* **EXERCISE GOAL**: Copy each line of the records that holds the string "AppendsResults".
************
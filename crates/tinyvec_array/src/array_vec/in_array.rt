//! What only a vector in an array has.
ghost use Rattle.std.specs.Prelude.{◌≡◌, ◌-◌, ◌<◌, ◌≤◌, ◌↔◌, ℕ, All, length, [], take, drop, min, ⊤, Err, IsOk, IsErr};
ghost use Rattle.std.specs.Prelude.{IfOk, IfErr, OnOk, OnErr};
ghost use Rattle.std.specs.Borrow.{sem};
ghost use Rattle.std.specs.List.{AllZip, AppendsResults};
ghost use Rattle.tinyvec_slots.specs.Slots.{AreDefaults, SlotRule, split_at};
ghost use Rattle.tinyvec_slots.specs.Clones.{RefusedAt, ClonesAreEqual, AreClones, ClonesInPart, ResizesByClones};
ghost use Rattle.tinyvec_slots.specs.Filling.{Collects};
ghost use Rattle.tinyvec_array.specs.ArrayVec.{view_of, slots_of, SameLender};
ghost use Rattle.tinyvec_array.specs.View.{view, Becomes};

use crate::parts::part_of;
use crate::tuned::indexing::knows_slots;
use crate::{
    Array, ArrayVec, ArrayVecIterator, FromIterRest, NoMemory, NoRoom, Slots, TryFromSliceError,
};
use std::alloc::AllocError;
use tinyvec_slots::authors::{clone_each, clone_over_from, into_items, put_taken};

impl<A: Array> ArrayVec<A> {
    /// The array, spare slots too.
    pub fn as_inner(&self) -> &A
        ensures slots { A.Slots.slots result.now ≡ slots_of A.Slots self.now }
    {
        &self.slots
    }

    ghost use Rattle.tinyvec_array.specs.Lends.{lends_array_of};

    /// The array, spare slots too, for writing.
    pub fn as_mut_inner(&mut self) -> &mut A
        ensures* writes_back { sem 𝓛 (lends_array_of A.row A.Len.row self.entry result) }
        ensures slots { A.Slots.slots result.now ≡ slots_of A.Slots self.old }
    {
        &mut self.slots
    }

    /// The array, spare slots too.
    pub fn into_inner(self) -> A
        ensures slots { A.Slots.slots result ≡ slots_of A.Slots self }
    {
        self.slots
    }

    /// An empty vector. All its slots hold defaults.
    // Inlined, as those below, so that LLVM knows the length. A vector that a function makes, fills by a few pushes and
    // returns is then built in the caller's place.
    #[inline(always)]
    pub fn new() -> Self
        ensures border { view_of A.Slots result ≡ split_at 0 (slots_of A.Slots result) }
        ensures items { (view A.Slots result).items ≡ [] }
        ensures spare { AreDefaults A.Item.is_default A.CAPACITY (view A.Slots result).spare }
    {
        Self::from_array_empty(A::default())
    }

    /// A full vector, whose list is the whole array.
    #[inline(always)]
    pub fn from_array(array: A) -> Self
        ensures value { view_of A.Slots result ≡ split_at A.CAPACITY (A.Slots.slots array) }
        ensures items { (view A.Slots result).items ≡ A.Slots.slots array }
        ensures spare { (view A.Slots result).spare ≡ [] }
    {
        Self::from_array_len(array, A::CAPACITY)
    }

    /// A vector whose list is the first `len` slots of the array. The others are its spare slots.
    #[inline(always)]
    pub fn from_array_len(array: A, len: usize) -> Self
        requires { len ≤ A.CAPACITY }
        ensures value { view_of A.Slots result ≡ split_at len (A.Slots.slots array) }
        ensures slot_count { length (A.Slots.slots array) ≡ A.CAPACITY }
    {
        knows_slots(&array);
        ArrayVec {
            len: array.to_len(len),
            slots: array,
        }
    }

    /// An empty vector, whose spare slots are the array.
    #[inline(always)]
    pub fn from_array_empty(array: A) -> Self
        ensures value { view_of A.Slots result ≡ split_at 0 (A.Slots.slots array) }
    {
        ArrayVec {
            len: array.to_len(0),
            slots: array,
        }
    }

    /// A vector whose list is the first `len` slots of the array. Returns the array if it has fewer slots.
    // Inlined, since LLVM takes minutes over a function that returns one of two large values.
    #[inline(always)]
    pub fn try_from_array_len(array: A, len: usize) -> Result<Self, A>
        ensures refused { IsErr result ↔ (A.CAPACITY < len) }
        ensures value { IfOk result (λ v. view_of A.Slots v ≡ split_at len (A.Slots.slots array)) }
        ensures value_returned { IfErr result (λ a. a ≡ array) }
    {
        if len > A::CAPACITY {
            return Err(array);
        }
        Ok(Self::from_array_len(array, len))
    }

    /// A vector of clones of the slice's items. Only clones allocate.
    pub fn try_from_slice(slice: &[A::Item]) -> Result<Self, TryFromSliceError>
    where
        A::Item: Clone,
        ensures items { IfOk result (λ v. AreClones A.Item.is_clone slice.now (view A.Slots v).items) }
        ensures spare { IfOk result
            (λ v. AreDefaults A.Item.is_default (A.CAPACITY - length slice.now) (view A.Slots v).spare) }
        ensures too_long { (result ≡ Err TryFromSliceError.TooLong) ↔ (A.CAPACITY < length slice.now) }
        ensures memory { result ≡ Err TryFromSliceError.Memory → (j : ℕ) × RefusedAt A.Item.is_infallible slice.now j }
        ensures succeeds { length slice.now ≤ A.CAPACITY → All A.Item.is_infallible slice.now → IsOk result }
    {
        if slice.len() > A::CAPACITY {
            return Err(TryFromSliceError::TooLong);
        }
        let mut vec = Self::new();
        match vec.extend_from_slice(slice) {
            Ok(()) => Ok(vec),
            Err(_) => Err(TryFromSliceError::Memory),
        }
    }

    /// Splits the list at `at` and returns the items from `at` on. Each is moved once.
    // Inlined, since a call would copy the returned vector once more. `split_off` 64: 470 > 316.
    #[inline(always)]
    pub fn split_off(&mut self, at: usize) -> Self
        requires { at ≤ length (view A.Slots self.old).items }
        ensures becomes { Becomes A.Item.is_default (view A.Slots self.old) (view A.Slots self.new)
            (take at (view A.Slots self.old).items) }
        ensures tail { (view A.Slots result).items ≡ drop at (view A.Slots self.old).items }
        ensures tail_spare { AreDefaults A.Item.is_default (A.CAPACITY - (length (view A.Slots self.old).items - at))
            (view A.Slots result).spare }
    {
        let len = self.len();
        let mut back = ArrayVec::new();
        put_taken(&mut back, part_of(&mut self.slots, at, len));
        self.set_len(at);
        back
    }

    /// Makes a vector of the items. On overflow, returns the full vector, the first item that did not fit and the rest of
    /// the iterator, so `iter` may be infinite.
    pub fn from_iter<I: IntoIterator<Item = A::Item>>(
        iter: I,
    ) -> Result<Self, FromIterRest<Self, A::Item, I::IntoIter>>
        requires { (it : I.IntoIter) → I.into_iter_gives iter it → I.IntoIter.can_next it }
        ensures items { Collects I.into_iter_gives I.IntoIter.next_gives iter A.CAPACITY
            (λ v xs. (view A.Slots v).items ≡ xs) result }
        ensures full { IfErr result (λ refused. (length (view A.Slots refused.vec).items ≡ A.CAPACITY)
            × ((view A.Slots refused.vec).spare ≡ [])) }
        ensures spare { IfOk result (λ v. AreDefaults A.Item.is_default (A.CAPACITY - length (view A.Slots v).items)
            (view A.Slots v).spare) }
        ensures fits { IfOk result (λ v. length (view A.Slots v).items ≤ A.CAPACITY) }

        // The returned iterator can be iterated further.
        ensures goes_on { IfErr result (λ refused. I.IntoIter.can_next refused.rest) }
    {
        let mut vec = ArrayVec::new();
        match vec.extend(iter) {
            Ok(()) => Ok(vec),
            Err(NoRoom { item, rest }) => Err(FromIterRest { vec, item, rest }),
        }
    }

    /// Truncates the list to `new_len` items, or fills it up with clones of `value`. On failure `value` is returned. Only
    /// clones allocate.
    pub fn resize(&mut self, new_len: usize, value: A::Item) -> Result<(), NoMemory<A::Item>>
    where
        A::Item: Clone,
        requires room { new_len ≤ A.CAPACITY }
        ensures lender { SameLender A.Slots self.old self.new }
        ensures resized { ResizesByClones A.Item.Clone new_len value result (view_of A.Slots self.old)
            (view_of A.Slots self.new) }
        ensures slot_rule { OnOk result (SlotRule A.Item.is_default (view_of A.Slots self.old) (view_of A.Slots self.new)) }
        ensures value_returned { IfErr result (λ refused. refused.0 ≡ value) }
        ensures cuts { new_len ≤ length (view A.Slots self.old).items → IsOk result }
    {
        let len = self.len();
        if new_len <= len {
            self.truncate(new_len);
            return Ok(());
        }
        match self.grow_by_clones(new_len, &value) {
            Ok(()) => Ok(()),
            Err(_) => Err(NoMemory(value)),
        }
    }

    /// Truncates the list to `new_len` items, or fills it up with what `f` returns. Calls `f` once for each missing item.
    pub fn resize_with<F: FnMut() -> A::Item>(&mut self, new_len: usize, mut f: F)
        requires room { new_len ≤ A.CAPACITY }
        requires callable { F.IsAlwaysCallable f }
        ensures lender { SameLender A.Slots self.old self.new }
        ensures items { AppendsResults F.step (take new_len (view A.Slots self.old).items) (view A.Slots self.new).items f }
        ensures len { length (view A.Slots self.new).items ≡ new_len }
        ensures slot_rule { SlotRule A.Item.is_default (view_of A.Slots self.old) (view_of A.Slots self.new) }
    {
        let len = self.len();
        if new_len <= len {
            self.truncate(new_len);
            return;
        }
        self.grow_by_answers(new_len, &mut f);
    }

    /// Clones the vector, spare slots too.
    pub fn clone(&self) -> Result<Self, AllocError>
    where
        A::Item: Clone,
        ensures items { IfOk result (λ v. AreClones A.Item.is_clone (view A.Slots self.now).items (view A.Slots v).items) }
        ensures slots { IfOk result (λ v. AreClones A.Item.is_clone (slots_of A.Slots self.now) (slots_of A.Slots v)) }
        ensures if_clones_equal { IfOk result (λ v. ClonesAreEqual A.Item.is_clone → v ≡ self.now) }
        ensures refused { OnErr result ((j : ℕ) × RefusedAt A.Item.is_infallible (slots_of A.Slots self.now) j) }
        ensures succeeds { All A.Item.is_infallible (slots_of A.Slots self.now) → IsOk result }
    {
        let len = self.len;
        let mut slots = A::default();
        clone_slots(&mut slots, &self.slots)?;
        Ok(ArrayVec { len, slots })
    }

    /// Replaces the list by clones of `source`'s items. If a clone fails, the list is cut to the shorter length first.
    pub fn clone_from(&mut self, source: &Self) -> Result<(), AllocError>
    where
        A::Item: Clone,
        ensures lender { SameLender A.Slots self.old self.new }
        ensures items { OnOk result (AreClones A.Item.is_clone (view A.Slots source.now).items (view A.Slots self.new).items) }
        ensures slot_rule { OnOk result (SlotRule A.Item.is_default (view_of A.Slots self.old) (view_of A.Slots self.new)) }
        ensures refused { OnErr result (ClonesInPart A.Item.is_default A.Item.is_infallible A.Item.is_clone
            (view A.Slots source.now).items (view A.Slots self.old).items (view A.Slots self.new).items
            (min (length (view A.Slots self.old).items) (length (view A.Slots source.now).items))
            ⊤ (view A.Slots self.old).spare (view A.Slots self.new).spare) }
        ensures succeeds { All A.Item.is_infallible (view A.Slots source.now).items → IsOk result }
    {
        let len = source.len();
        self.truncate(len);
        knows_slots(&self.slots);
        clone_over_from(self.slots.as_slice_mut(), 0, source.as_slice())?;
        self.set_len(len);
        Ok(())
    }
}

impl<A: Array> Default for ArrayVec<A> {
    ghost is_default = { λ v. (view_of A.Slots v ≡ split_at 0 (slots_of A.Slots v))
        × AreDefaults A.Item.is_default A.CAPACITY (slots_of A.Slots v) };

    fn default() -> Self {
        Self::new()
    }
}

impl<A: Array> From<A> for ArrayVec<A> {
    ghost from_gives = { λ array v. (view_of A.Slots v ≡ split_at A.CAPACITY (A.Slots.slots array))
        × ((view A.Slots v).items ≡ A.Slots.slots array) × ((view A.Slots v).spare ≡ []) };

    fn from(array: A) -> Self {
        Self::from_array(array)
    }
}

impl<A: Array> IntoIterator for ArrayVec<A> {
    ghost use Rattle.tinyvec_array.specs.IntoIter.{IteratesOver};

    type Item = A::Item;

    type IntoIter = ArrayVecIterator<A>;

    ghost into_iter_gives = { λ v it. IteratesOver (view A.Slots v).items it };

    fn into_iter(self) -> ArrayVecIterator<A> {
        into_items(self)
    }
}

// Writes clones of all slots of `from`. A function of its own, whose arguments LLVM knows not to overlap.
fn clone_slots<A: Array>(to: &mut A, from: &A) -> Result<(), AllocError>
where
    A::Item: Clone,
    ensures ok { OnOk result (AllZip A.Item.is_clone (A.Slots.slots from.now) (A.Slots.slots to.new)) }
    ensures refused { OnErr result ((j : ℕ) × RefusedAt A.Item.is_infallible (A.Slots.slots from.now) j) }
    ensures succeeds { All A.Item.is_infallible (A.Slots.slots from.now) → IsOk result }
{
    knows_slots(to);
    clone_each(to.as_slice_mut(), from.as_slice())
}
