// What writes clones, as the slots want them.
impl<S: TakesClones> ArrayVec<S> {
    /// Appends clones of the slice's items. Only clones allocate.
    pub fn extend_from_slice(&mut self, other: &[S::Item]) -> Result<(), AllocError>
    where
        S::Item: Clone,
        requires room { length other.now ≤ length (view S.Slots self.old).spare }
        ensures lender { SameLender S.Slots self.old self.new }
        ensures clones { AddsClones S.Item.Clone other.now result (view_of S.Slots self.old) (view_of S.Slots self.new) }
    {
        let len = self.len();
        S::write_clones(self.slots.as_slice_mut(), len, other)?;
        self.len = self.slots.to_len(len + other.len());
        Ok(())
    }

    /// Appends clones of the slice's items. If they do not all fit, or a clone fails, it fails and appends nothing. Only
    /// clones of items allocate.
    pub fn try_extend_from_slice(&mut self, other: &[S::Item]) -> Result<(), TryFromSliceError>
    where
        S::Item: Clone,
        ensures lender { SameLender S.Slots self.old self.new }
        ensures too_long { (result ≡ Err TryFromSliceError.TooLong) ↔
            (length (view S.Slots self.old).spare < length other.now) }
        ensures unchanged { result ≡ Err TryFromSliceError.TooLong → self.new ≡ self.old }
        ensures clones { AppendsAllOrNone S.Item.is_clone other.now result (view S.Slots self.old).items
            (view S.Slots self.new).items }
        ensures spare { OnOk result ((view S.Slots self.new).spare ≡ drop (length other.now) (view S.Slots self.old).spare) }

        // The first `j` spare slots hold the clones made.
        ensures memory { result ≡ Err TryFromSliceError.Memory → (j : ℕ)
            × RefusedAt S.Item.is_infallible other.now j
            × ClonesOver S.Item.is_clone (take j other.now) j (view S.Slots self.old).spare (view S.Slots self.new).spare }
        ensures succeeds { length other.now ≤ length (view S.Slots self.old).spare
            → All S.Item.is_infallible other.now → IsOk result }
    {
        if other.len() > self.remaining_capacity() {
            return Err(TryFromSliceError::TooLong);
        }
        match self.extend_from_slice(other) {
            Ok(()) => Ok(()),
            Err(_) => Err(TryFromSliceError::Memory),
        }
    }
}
************
* **ANSWER**:
ghost use Rattle.std.specs.List.{AllZip, AppendsResults};
        ensures items { AppendsResults F.step (take new_len (view A.Slots self.old).items) (view A.Slots self.new).items f }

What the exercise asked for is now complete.